With both ends included, repeat exactly the lines of the entries below from the one containing "filename crates/kube_model/src/config_fault.rt" down to the one containing "impl TryCopy for ConfigFault", and no others.

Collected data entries
╭──

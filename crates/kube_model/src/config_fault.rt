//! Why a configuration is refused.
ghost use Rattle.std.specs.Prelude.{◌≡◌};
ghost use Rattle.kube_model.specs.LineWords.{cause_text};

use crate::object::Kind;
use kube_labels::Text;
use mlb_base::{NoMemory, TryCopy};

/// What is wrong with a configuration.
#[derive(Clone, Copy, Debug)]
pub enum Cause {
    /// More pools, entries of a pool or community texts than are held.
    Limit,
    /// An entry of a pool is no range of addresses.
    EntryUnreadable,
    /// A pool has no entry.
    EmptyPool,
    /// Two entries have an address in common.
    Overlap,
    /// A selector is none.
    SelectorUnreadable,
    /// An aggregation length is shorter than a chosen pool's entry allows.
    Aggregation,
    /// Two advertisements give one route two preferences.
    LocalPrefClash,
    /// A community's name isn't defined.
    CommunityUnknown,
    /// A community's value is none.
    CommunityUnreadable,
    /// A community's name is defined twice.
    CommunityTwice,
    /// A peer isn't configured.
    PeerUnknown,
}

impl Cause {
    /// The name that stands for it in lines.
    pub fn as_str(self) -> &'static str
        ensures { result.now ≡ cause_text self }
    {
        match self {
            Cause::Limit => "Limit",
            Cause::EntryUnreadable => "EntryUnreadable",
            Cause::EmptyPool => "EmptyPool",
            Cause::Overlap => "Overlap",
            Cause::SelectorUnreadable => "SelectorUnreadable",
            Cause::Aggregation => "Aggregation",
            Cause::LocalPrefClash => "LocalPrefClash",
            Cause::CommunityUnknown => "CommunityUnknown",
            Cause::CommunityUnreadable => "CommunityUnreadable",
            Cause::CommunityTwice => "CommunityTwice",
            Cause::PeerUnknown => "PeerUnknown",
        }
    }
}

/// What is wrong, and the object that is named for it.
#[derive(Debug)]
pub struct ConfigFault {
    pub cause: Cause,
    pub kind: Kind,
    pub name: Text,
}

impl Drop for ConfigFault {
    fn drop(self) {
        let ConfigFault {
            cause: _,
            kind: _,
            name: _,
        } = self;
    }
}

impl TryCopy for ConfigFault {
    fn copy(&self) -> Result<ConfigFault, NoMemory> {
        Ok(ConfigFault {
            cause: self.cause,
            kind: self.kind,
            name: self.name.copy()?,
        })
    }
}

╰──
╭──

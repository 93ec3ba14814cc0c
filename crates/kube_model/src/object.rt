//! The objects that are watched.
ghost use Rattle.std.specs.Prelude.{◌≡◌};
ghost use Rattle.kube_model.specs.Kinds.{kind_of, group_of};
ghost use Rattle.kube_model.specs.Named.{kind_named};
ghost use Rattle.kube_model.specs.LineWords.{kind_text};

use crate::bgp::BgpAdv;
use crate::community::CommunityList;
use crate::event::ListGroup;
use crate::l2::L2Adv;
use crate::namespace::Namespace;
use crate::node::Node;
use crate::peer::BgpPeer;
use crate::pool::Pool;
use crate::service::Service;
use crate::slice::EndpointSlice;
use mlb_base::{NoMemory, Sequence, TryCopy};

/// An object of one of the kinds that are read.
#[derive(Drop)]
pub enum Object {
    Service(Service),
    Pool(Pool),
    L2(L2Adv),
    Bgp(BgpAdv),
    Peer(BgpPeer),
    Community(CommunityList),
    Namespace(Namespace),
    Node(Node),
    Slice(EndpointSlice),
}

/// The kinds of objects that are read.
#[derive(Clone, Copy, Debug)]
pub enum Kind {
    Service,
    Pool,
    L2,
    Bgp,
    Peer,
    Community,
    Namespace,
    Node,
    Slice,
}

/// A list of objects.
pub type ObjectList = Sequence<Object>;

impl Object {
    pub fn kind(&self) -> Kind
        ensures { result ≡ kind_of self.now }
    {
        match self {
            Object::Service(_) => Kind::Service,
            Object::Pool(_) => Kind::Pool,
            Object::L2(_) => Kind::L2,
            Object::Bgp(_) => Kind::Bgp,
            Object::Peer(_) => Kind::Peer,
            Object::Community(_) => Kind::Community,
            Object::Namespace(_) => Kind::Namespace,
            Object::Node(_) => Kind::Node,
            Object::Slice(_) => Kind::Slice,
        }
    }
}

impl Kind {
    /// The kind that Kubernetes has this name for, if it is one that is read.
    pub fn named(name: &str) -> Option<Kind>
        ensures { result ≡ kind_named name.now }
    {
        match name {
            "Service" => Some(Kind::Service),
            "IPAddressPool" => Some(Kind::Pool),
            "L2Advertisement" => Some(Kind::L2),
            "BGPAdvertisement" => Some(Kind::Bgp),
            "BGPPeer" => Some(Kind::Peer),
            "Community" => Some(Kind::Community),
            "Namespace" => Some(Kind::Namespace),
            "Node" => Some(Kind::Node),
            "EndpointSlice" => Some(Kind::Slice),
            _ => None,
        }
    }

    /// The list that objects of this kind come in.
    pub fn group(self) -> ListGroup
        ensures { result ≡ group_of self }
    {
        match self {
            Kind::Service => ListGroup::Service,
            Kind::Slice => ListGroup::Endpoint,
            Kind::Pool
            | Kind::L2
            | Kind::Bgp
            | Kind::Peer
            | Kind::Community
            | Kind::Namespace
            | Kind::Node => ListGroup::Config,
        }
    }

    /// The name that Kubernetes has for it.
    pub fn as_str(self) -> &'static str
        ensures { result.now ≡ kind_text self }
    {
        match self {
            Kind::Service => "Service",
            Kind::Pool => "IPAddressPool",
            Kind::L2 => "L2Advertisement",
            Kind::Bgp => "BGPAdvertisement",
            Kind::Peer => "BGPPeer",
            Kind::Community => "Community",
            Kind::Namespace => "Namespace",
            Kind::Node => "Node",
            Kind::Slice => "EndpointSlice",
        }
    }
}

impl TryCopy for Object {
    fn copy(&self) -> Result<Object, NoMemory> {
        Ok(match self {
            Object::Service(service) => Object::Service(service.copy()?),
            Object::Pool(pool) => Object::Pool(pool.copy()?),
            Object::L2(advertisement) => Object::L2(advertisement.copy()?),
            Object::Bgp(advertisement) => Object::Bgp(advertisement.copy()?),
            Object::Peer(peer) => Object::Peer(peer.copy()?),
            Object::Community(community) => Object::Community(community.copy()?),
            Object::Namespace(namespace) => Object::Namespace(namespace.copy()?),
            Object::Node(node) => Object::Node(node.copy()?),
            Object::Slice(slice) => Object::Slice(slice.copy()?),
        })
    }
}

╰──

# [WRITTEN SOLUTION]
filename crates/kube_model/src/config_fault.rt
//! Why a configuration is refused.
ghost use Rattle.std.specs.Prelude.{◌≡◌};
ghost use Rattle.kube_model.specs.LineWords.{cause_text};

use crate::object::Kind;
use kube_labels::Text;
use mlb_base::{NoMemory, TryCopy};

/// What is wrong with a configuration.
#[derive(Clone, Copy, Debug)]
pub enum Cause {
    /// More pools, entries of a pool or community texts than are held.
    Limit,
    /// An entry of a pool is no range of addresses.
    EntryUnreadable,
    /// A pool has no entry.
    EmptyPool,
    /// Two entries have an address in common.
    Overlap,
    /// A selector is none.
    SelectorUnreadable,
    /// An aggregation length is shorter than a chosen pool's entry allows.
    Aggregation,
    /// Two advertisements give one route two preferences.
    LocalPrefClash,
    /// A community's name isn't defined.
    CommunityUnknown,
    /// A community's value is none.
    CommunityUnreadable,
    /// A community's name is defined twice.
    CommunityTwice,
    /// A peer isn't configured.
    PeerUnknown,
}

impl Cause {
    /// The name that stands for it in lines.
    pub fn as_str(self) -> &'static str
        ensures { result.now ≡ cause_text self }
    {
        match self {
            Cause::Limit => "Limit",
            Cause::EntryUnreadable => "EntryUnreadable",
            Cause::EmptyPool => "EmptyPool",
            Cause::Overlap => "Overlap",
            Cause::SelectorUnreadable => "SelectorUnreadable",
            Cause::Aggregation => "Aggregation",
            Cause::LocalPrefClash => "LocalPrefClash",
            Cause::CommunityUnknown => "CommunityUnknown",
            Cause::CommunityUnreadable => "CommunityUnreadable",
            Cause::CommunityTwice => "CommunityTwice",
            Cause::PeerUnknown => "PeerUnknown",
        }
    }
}

/// What is wrong, and the object that is named for it.
#[derive(Debug)]
pub struct ConfigFault {
    pub cause: Cause,
    pub kind: Kind,
    pub name: Text,
}

impl Drop for ConfigFault {
    fn drop(self) {
        let ConfigFault {
            cause: _,
            kind: _,
            name: _,
        } = self;
    }
}

impl TryCopy for ConfigFault {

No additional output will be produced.